Most of the pillar fabric was coming loose so I peeled off the factory fabric and re-adhered them with some off the shelf elmers glue that sprayed clear and had a fast set time. The pillar trims came out extremely well with a factory look. So I'm confident that I can redo the trim in the new fabric. I'm kind of anal when it comes to tedious jobs. I thrive when others start throwing things lol.

Mylast question is, when cutting the new fabric, is it best to cut it large enough to wrap around the edges to adhere to the back of the trim? The factory fabric is cut flush with the edges and it might have aided in its peeling in the first place.


----------



## Jayj (Jul 1, 2011)

http://s1115.photobucket.com/albums/k550/jayjvw2395/

link to a album that shows the new headliner texture and color. It was noticeably lighter than the original. First pic is of the old headliner. Yes, the mexicans forgot to punch the holes for the drivers front oh-**** handle. I think it makes the headliner unique so I kept it as is.


----------



## Jayj (Jul 1, 2011)

bump


----------



## madonionrings (Oct 20, 2009)

Not to steal the thread or change its direction, but can you elaborate on the recall replacement? My headliner has issues due to the sunroof leak recall and has been 'fixed' with cut nipples. Can I successfully convince them to replace my headliner as well?


---
I am here: http://maps.google.com/maps?ll=38.776465,-77.085534


----------



## madonionrings (Oct 20, 2009)

Anyone?


----------



## Jayj (Jul 1, 2011)

the headliner Is covered under the recall if you had your drain back up and allow water in the compartment which settles under the carpet. Is there water stains on the headliner or a mold smell in the car?


----------



## madonionrings (Oct 20, 2009)

Errhm there are minor stains from the headliner. No mold or smell though. Mostly the headliner is just falling. Both my 02 and 04 GTIs have this issue but the dealer sent me to this 800 number for the first one and VW denied me.

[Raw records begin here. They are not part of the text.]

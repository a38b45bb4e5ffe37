//! A node over a guest with a table, played from scripts. A line of a script is a step and, after a
//! colon, what it answers:
//!
//! - `hear` hears a message, and `fill` hears it 4,096 times;
//! - `turn` makes a turn with clock and wish for a frame, and answers the index of the frame that
//!   the guest was given;
//! - `client` is a client's frame with its index, and `crowd` the same 4,096 times;
//! - `report` is the report of the other node's stop, and answers how many frames go out;
//! - `ask` captures a checkpoint;
//! - `released` is how many frames went out in the last of these steps, and `out` compares one of
//!   them;
//! - `says` takes the oldest message that waits, and `state` reads the guest's state, and both
//!   compare it; `turns` is how many the guest made.
//!
//! Bytes are words in hexadecimal, names of the list below, and `*` with a count of zeros.

use crate::node::Node;
use crate::words::{cut, number};
use colo_base::{Frames, NoMemory};
use colo_wire::{Gate, HearFault, Told, Turned};
use std::alloc::Global;
use std::process::Abort;
use std::test::Fail;
use tcp_track::Opening;

/// A node, and what went out in its last step.
#[derive(Drop)]
struct Played<N: Node + Drop> {
    alloc: Global,
    node: N,
    out: Frames,
}

/// What the guest sends in a turn whose clock goes on by 0, 1, and so on.
const TABLE: &str = "\
none
answer
none
none
first-9001
rest-9004
syn-5000
abd-9001
";

/// Fronts of messages, each with its kind and its length; fields of a line; frames of the client,
/// and frames of the guest with their sequence numbers. The connection is that of 10.0.2.2, port
/// 40000, to port 7, which its client opened with 1000, and the guest with 9000 under the number
/// 5000. The guest sends `012` and `3456789`, or `abd`. Checksums were worked out outside this
/// repository.
const NAMES: &str = "\
number 02 00000010 0A000202 9C40 0007 000003E8
begin 03 00000004
state 04 00000008
page 05 00001004
disk 06 00000204
write 07 00000204
line 09 0000002B 0A000202 9C40 0007 525400AA0001
opened 000003E8 00002328 00001388 00000000 00000001 1000 05B4
bytes 0A 00000001
end 0B 00000004
known 0C 00000010 0A000202 9C40 0007 000003E8
sent 0D 0000003A
ack 0E 00000004
frame 01 0000005F 0000000000000005 00 00000000 00000000 00000000
held 08 0000005F 0000000000000005 00 00000000 00000000 00000000
seen 01 0000004B 0000000000000006 01 000003E8 00001388 00000004
plain 01 00000042 0000000000000005 00 00000000 00000000 00000000
waits 08 00000042 0000000000000005 00 00000000 00000000 00000000
syn 525400123456 525400AA0001 0800 4500 003C 0000 4000 4006 22AC 0A000202 0A00020F \
 9C40 0007 000003E8 00000000 A002 1000 87CE 0000 020405B4 01010101010101010101010101010101
ack-5004 525400123456 525400AA0001 0800 4500 0028 0000 4000 4006 22C0 0A000202 0A00020F \
 9C40 0007 000003E9 0000138C 5010 1000 D407 0000
ack-9004 525400123456 525400AA0001 0800 4500 0028 0000 4000 4006 22C0 0A000202 0A00020F \
 9C40 0007 000003E9 0000232C 5010 1000 C467 0000
ack-5012 525400123456 525400AA0001 0800 4500 0028 0000 4000 4006 22C0 0A000202 0A00020F \
 9C40 0007 000003E9 00001394 5010 1000 D3FF 0000
datagram 525400123456 525400AA0001 0800 4500 001F 0000 4000 4011 22BE 0A000202 0A00020F \
 0044 0043 000B 22DE 616263
arp FFFFFFFFFFFF 525400AA0001 0806 0001 0800 06 04 0001 525400AA0001 0A000202 \
 000000000000 0A00020F
answer 525400AA0001 525400123456 0800 4500 002C 0000 4000 4006 22BC 0A00020F 0A000202 \
 0007 9C40 00002328 000003E9 6012 1000 ACAD 0000 020405B4
syn-5000 525400AA0001 525400123456 0800 4500 002C 0000 4000 4006 22BC 0A00020F 0A000202 \
 0007 9C40 00001388 000003E9 6012 1000 BC4D 0000 020405B4
first-9001 525400AA0001 525400123456 0800 4500 002B 0000 4000 4006 22BD 0A00020F 0A000202 \
 0007 9C40 00002329 000003E9 5018 1000 622E 0000 303132
first-5001 525400AA0001 525400123456 0800 4500 002B 0000 4000 4006 22BD 0A00020F 0A000202 \
 0007 9C40 00001389 000003E9 5018 1000 71CE 0000 303132
rest-9004 525400AA0001 525400123456 0800 4500 002F 0000 4000 4006 22B9 0A00020F 0A000202 \
 0007 9C40 0000232C 000003E9 5018 1000 EBB5 0000 33343536373839
rest-5004 525400AA0001 525400123456 0800 4500 002F 0000 4000 4006 22B9 0A00020F 0A000202 \
 0007 9C40 0000138C 000003E9 5018 1000 FB55 0000 33343536373839
abd-9001 525400AA0001 525400123456 0800 4500 002B 0000 4000 4006 22BD 0A00020F 0A000202 \
 0007 9C40 00002329 000003E9 5018 1000 FEFC 0000 616264
abd-5001 525400AA0001 525400123456 0800 4500 002B 0000 4000 4006 22BD 0A00020F 0A000202 \
 0007 9C40 00001389 000003E9 5018 1000 0E9D 0000 616264
abc-5001 525400AA0001 525400123456 0800 4500 002B 0000 4000 4006 22BD 0A00020F 0A000202 \
 0007 9C40 00001389 000003E9 5018 1000 0F9D 0000 616263
ack-5011 525400AA0001 525400123456 0800 4500 0028 0000 4000 4006 22C0 0A00020F 0A000202 \
 0007 9C40 00001393 000003E9 5010 1000 D400 0000
reply 525400AA0001 525400123456 0806 0001 0800 06 04 0002 525400123456 0A00020F \
 525400AA0001 0A000202
";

Can you explain the process you went through to get this done? I would really like them to replace the headliner on the 04 because of the water leaks. It basically came down in small amounts through the passenger visor area.


----------



## Jayj (Jul 1, 2011)

on either of these cars, was the carpet and jute replaced? If all they had to do Is snip the drains then you may be s.o.l. Perhaps you could try to make the case that the car had water inside the vehicle before the recall was completed and was missed during the recall. Personally, I worked for this dealer for 6 years so I just had them order everything that was covered and I put it in myself and my friend, who still works there, got paid for the job.


----------



## mrco78 (Jan 15, 2010)

you just been pm'd


----------



## 5i1verbu11et (Nov 4, 2009)

Jayj said:


> Mylast question is, when cutting the new fabric, is it best to cut it large enough to wrap around the edges to adhere to the back of the trim? The factory fabric is cut flush with the edges and it might have aided in its peeling in the first place.


Leave a bit of extra to wrap around the back side of the trim pieces. That is how I have always done it. Better assurance it will not peel.:thumbup:


----------



## Jayj (Jul 1, 2011)

5i1verbu11et said:


> Leave a bit of extra to wrap around the back side of the trim pieces. That is how I have always done it. Better assurance it will not peel.:thumbup:


thank you for the reply. Seen some of your work on the forums, very impressive.


----------



## 5i1verbu11et (Nov 4, 2009)

Jayj said:


> thank you for the reply. Seen some of your work on the forums, very impressive.


You are welcome. Thank you for the compliments.:thumbup:


----------